I had just graduated from college and moved in with my buddy Hank, who had all the fine features of a porcelain doll, with flowing blonde hair and pale blue eyes. I’d had a few small art shows in LA and Santa Barbara, and left a number of little books with my contact information at the cafes and galleries where my work was hung. One day I received a long letter from a woman who had been particularly moved by one of my drawings. Wow, my first fan mail! I wrote back to her, and was surprised to get another letter a few days later. This began a long correspondence, which took on the tone of friendship, and I looked forward to getting letters from my mystery pen pal. Once, she asked me to send her a picture, and I drew her a small cartoon of myself smoking a cigarette. When I told her I was going to be taking the bus to Santa Barbara for my brother’s graduation, she offered to pick me up from the station. We talked on the phone several times to sort things out, and Hank and I were both nervous but excited when we boarded the Greyhound. What if she’s cool and we have a new friend? What if she’s a psychotic ax murderer?
It was dark when we arrived at the bus station, and there was hardly anyone there. We looked around and saw a car of the description we were given sitting alone in the parking lot. As we walked toward it, a woman jumped out and came running towards us, calling my name. I raised my hand in greeting, which she ignored as she dashed past me to fling her arms around Hank.
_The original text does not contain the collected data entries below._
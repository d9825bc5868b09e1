// The tests of a colour prediction, 2, 10, 11, 12, 9, 13 in that order (document 01, Refusal numbers), and the block that they are of.
#![tactic(auto)]

pub mod block;
pub mod place;
pub mod range;

ghost use Rattle.std.specs.Prelude.{◌≡◌};
ghost use Rattle.colour_rules.specs.Rules.{predict_answer};

use crate::block::Block;
use colour_terms::reference;
use numbers::answer::{Answer, Refusal};
use numbers::colour::ColourDirection;

// What a call answers, whose output has n entries.
pub fn refused(luma: &[i32], b: Block, n: usize) -> Answer
    ensures { result ≡ predict_answer luma.now b n }
{
    let depth = colour_terms::depth_of(b.d)?;
    ColourDirection::try_from(b.direction)?;
    if !reference::is_reference(b.ref_width, b.ref_height, luma.len()) {
        return Err(Refusal::BadReference);
    }
    if !reference::is_lines(b.above_lines, b.left_lines) {
        return Err(Refusal::BadLines);
    }
    if !place::is_placed(b) {
        return Err(Refusal::BadLines);
    }
    if !place::has_neighbours(b) {
        return Err(Refusal::BadLines);
    }
    if n < b.width * b.height {
        return Err(Refusal::ShortList);
    }
    if !range::luma_in_range(luma, b, depth.max()) {
        return Err(Refusal::BadColourSample);
    }
    Ok(())
}
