// "a luma value that the direction's rule needs at a .. predicted place is not in 0..8M+7" (document 01, refusal 13): one walk over the needed values,
// which are the block's own and, where the direction takes them and they are there, the row above or the column before.
ghost use Rattle.std.specs.Prelude.{◌≡◌, true, ◌+◌, ◌*◌, ◌≤◌, pos, length, get_or};
ghost use Rattle.numbers.specs.Depth.{is_depth, most};
ghost use Rattle.numbers.specs.Colour.{is_colour};
ghost use Rattle.signed.specs.Range.{inside};
ghost use Rattle.edge_line.specs.Every.{every};
ghost use Rattle.colour_terms.specs.Terms.{stride, entry};
ghost use Rattle.colour_rules.specs.Area.{up_of, beside_of, Area};
ghost use Rattle.colour_rules.specs.Placed.{InReference};
ghost use Rattle.colour_rules.specs.Rules.{is_luma_in_range};

use crate::block::Block;
use colour_terms::reference::Reference;
use direct_calls::range;

// Whether all entries are in 0..m. All are looked at, whatever the first are: no branch inside.
fn run_in_range(xs: &[i32], m: i32) -> bool
    ensures { result ≡ every (λ i. inside m (get_or xs.now i (pos 0))) (length xs.now) }
{
    let mut ok = true;
    for x in xs {
        ok &= range::in_range(*x, m);
    }
    ok
}

// Whether each entry of an area is in 0..m: rows of `width` entries, the first from s on.
fn area_in_range(luma: &[i32], s: usize, width: usize, height: usize, m: i32) -> bool
    requires { Area s width height (length luma.now) }
    ensures { result ≡ every (λ j. every (λ i. inside m (get_or luma.now (s + j * stride + i) (pos 0))) width) height }
{
    let mut ok = true;
    for j in 0..height {
        let from = s + j * Reference::STRIDE;
        ok &= run_in_range(&luma[from..from + width], m);
    }
    ok
}

// So many rows above the block are needed.
pub fn up_of(b: Block) -> usize
    requires { is_colour b.direction ≡ true }
    ensures { result ≡ up_of b }
{
    if b.have_top { b.colour().rows_up() } else { 0 }
}

// So many columns before it are needed.
pub fn beside_of(b: Block) -> usize
    requires { is_colour b.direction ≡ true }
    ensures { result ≡ beside_of b }
{
    if b.have_left {
        b.colour().columns_left()
    } else {
        0
    }
}

// 13: the needed values.
pub fn luma_in_range(luma: &[i32], b: Block, m: i32) -> bool
    requires { (is_depth b.d ≡ true) × (m ≡ pos (most b.d)) × InReference b (length luma.now) × (is_colour b.direction ≡ true) }
    ensures { result ≡ is_luma_in_range (entry luma.now) b }
{
    let up = up_of(b);
    let beside = beside_of(b);
    let s = (b.above_lines - up) * Reference::STRIDE + (b.left_lines - beside);
    area_in_range(luma, s, b.width + beside, b.height + up, 8 * m + 7)
}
It was an awkward moment as I explained that, actually, we were the other way around, and I was unprepared for the look of shock and confusion on her face. We got into her car, but she was visibly agitated. As we drove around she became more and more upset. Finally, I asked her,” Is something the matter?” At that, she burst into tears and cried, “I thought you were going to be white!” Then, instead of taking us to her house as planned, she dumped us at the doorstep of an unsuspecting acquaintance of hers, who was frightened awake by our arrival in the middle of the night, but gracious enough to set us up on her pull-out couch as our erstwhile host fled into the darkness, never to be heard from again.
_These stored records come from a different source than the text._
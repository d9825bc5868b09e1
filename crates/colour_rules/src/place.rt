// Refusal 12 (document 01, Refusal numbers), what prediction tests beside the lines: the block's place, and its neighbours.
ghost use Rattle.std.specs.Prelude.{◌≡◌, true};
ghost use Rattle.colour_terms.specs.Reference.{is_lines};
ghost use Rattle.colour_rules.specs.Rules.{is_side, is_placed, has_line, has_lines};

use crate::block::Block;
use colour_terms::reference::Reference;

// A side of the block.
fn is_side(n: usize) -> bool
    ensures { result ≡ is_side n }
{
    1 <= n && n <= Block::LARGEST_SIDE
}

// 12: the block's place.
pub fn is_placed(b: Block) -> bool
    requires { is_lines b.above_lines b.left_lines ≡ true }
    ensures { result ≡ is_placed b }
{
    is_side(b.width)
        && is_side(b.height)
        && b.left_lines + b.width <= Reference::STRIDE
        && b.above_lines + b.height <= b.ref_height
}

// Whether a neighbour that is there has a line before the block.
fn has_line(there: bool, lines: usize) -> bool
    ensures { result ≡ has_line there lines }
{
    !there || 1 <= lines
}

// 12: the neighbours.
pub fn has_neighbours(b: Block) -> bool
    ensures { result ≡ has_lines b }
{
    has_line(b.have_top, b.above_lines) && has_line(b.have_left, b.left_lines)
}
I don’t think of myself as white, but I don’t particularly think of myself as anything else, either. While strangers might approach me with attitudes ranging from curiosity to hostility, friends who know me well tend to forget that any of my ethnic origins differ from theirs. For much of my life, most people I met had barely heard of half the places my DNA traces back to, while the places they had heard of were often the butt of crude jokes. Ironically, I was way more foreign in those distant countries, where I got giggled at constantly for being fat and pink compared to all the lean, brown children who were purported to be my relatives. I dissociated from those places at a very early age, and never more than when I had to stay there did I identify with being an American. Living in Indonesia at age nine, I was so homesick that I taught my little brother all the patriotic songs I had learned in Mrs. Smith’s class in the 3rd grade, and tape recorded us singing them and saying the Pledge of Allegiance. It trips me out to think that the only other person I’ve heard of who might truly understand how I felt back then ended up becoming President.